July 1, 2008

The Audition

I auditioned for a play.


Tucked away in a scrapbook somewhere is a community college newspaper review of a performance I gave 12 years ago that was nothing short of spectacular. Every time I have called the performance to mind over the passing years, it has grown grander and more magnificent. For one glorious year 12 years ago, I was a relatively big fish in a relatively small pond and I tasted the thrill of being a small town stage diva.


When I moved from Brainerd to "the Cities", I told myself and everyone who asked that I was going to try to be an actress. My move had nothing to do with the boy I had met just a month or two earlier. Sure it didn't. I was young and pretty (and vain) and had every confidence in the world that whenever I decided to grace an audition with my presence, I would then become an actress. And so there was no real hurry. I looked in the paper at audition notices on occasion (this was when the "internet" was still mainly only available on a pay per minute basis). I think I called on one once...but I never got around to going. And then this boy and I fell in love and around that same time, I was blindsided by Jesus and suddenly everything was different. Different interests, different priorities, different loves, different values. It seemed such a frivolous thing to want to act on a stage. It seemed desparate. So the dream just settled into history as happy memories to be pulled out from time to time to offer validation or add interest to an otherwise dull autobiography.


And yet, through all the years of practical life, there has always been a longing...not a desparation...just a longing. The memories that I have of the brief time I spent on stage are some of the happiest memories I know. They are memories of belonging, of excelling, of laughing, of comraderie, of inventing, of creating, of living. And so at long last, I decided to hunt for an audition.

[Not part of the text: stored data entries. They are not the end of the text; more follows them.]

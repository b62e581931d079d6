//! An allocation and the checker's findings, as text.

ghost use Rattle.std.specs.Prelude.{◌≡◌, true, false, [], ◌∷◌, IfOk};
ghost use Rattle.std.specs.Io.KnownBytes.{Appends};
ghost use Rattle.regalloc2_function.specs.Views.{machine_of, output_of};
ghost use Rattle.regalloc2_function.specs.WellFormed.{IsFramed};
ghost use Rattle.regalloc2_function.specs.Fitting.{MachineFits};
ghost use Rattle.regalloc2_tool.specs.Ra2.Findings.{IsOutputJudged, findings_text};
ghost use Rattle.regalloc2_tool.specs.Ra2.Outcome.{IsOutcome};
ghost use Rattle.regalloc2_tool.specs.Ra2.Text.{checked_line};

use super::task::Task;
use crate::listing::write_listing;
use regalloc2::checker::{Checker, CheckerError};
use regalloc2::{Algorithm, Function, MachineEnv, Output, RegallocOptions, run};
use regalloc2_checker::FaultLine;
use std::alloc::Allocator;
use std::io::{self, Write};

/// No proof says that the input function is well-formed, so it is tested.
const OPTIONS: RegallocOptions = RegallocOptions {
    validate_ssa: true,
    algorithm: Algorithm::Fastalloc,
};

/// Writes the line of `error`. Returns `false`: the output isn't accepted.
fn write_finding<A: Allocator, O: Write>(error: &CheckerError<A>, out: &mut O) -> io::Result<bool>
    ensures { IfOk result (λ b. (b ≡ false) × Appends (O.contents out.old) (O.contents out.new) (findings_text (error.now ∷ []))) }
{
    let line = FaultLine(error);
    writeln!(out, "{line}")?;
    Ok(false)
}

/// Writes a line for each of `errors`. Returns `false`: the output isn't accepted.
fn write_findings<A: Allocator, O: Write>(
    errors: &[CheckerError<A>],
    out: &mut O,
) -> io::Result<bool>
    ensures { IfOk result (λ b. (b ≡ false) × Appends (O.contents out.old) (O.contents out.new) (findings_text errors.now)) }
{
    for error in errors {
        write_finding(error, out)?;
    }
    Ok(false)
}

/// Writes that the output is accepted. Returns `true`.
fn write_checked<O: Write>(out: &mut O) -> io::Result<bool>
    ensures { IfOk result (λ b. (b ≡ true) × Appends (O.contents out.old) (O.contents out.new) checked_line) }
{
    writeln!(out, "checked")?;
    Ok(true)
}

/// Writes `checked`, or the errors that the checker finds in `output`. Returns whether there are none.
pub fn judge<A: Allocator + Copy, F: Function, O: Write>(
    alloc: A,
    f: &F,
    env: &MachineEnv<A>,
    output: &Output<A>,
    out: &mut O,
) -> io::Result<bool>
    requires framed { IsFramed (F.function f.now) }
    ensures { IfOk result (IsOutputJudged A (F.function f.now) (machine_of env.now) (output_of output.now) (Appends (O.contents out.old) (O.contents out.new))) }
{
    let mut checker = match Checker::new(alloc, f, env) {
        Ok(checker) => checker,
        Err(error) => return write_finding(&error, out),
    };
    if let Err(error) = checker.prepare(output) {
        return write_finding(&error, out);
    }
    match checker.run() {
        Ok(()) => write_checked(out),
        Err(errors) => write_findings(errors.errors(), out),
    }
}

/// Allocates registers to `f`, writes its listing or the number of the error, and checks the output if `task`
/// requires it.
///
/// Returns whether the function was accepted and no error was found.
pub fn show<A: Allocator + Copy, F: Function, O: Write>(
    alloc: A,
    task: Task,
    f: &F,
    env: &MachineEnv<A>,
    out: &mut O,
) -> io::Result<bool>
    requires machine { MachineFits (F.function f.now) (machine_of env.now) }
    ensures { IfOk result (IsOutcome A task (F.function f.now) (machine_of env.now) (Appends (O.contents out.old) (O.contents out.new))) }
{
    match run(alloc, f, env, &OPTIONS) {
        Ok(output) => {
            write_listing(f, &output, out)?;
            match task {
                Task::Run => Ok(true),
                Task::Check => judge(alloc, f, env, &output, out),
            }
        }
        Err(error) => {
            let number = error.kind().number();
            writeln!(out, "refused {number}")?;
            Ok(false)
        }
    }
}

There is a terrific theatre that my hubby and I saw "Guys and Dolls" at a few years ago. For whatever reason, this theatre struck me as one that would be great fun to be involved in, and also seemed a more accessible and less intimidating option than any others I am aware of. From time to time, when the acting bee would start buzzing in my proverbial bonnet, I would check that theatre's website and look at their audition postings. Everytime I checked, they were either auditioning for a musical (too scarey) or had just posted a new cast list. But finally, on one happy Sunday afternoon, I checked again, and lo and behold, they were holding auditions that very week for an evening of three one act plays written by the lovely Agatha Christie. And so, with much fear and trembling, I determined that I would give it a go. And I did.

The experience itself was moderately terrifying. The only auditions I had ever attended had involved a room full of many people reading scenes together. This audition was a complete unknown to me. It lasted all of 4 minutes. I entered a room all alone and faced a panel of three strange but smiling faces and one face that never looked up during the process. This face just sat in the corner writing things. I called this face "bad cop". I read a little monologue that was provided from one of the plays being auditioned for...badly, I thought. So badly. And then I was asked to read it again with more dripping sarcasm and less mystery. And so I tried. It was awful and then it was over. And then it was awful all weekend. I replayed the minutes over and over...mourning an opportunity lost. "I am a genius of dripping sarcasm! Why didn't I try harder to prove it?"

Dan (husband) and I took Penny (dog) for a walk on Sunday, the day after the event. I had been trying all the self psychology I could think of to make it less awful. "At least I did it." "It was a great learning experience." "I will be less nervous next time." "Next time I will try actually ACTING (instead of just reading)." These were all true statements of course, but really complete crap as they did nothing to soothe the awful. And then around 2 in the afternoon, I got a glorious phone call from a dear sweet lady inviting me to a call back audition the following evening.

The callback was a completely different experience. There were about 30 of us there and instantly I remembered everything that I loved about the theater. Everyone was friendly, many were strange, some were pretty, some were not, some were old, some were young, and there was one lady there who I think was straight-up crazy. We all sat in a hallway making fast friends with whoever sat next to us. "Have you acted here before?" "Where did you drive from?" "Have you seen any of the scripts?" "What other plays have you done?" And then we were herded into the same room that the original audition had taken place in. It was far less frightening filled with 30 nervous and excited actors. And "bad cop" was nowhere to be seen.

And then my ego took a hit. The directors handed out scripts for scenes with parts we were being concidered for. It was at that moment that I discovered that 12 years had taken "pretty" and "young" away from me...although "vain" was obviously not going to be defeated. I was asked to read for "Mom" and "Emmeline...a grim woman." Ouch. What about "An extremely pretty young woman" and "The Beauty"? Alas, a grim part is better than no part. And I know a lot of pretty, young moms. With my vain head held high, I retreated to the hall with the rest of the cattle where we waited for our moment to shine.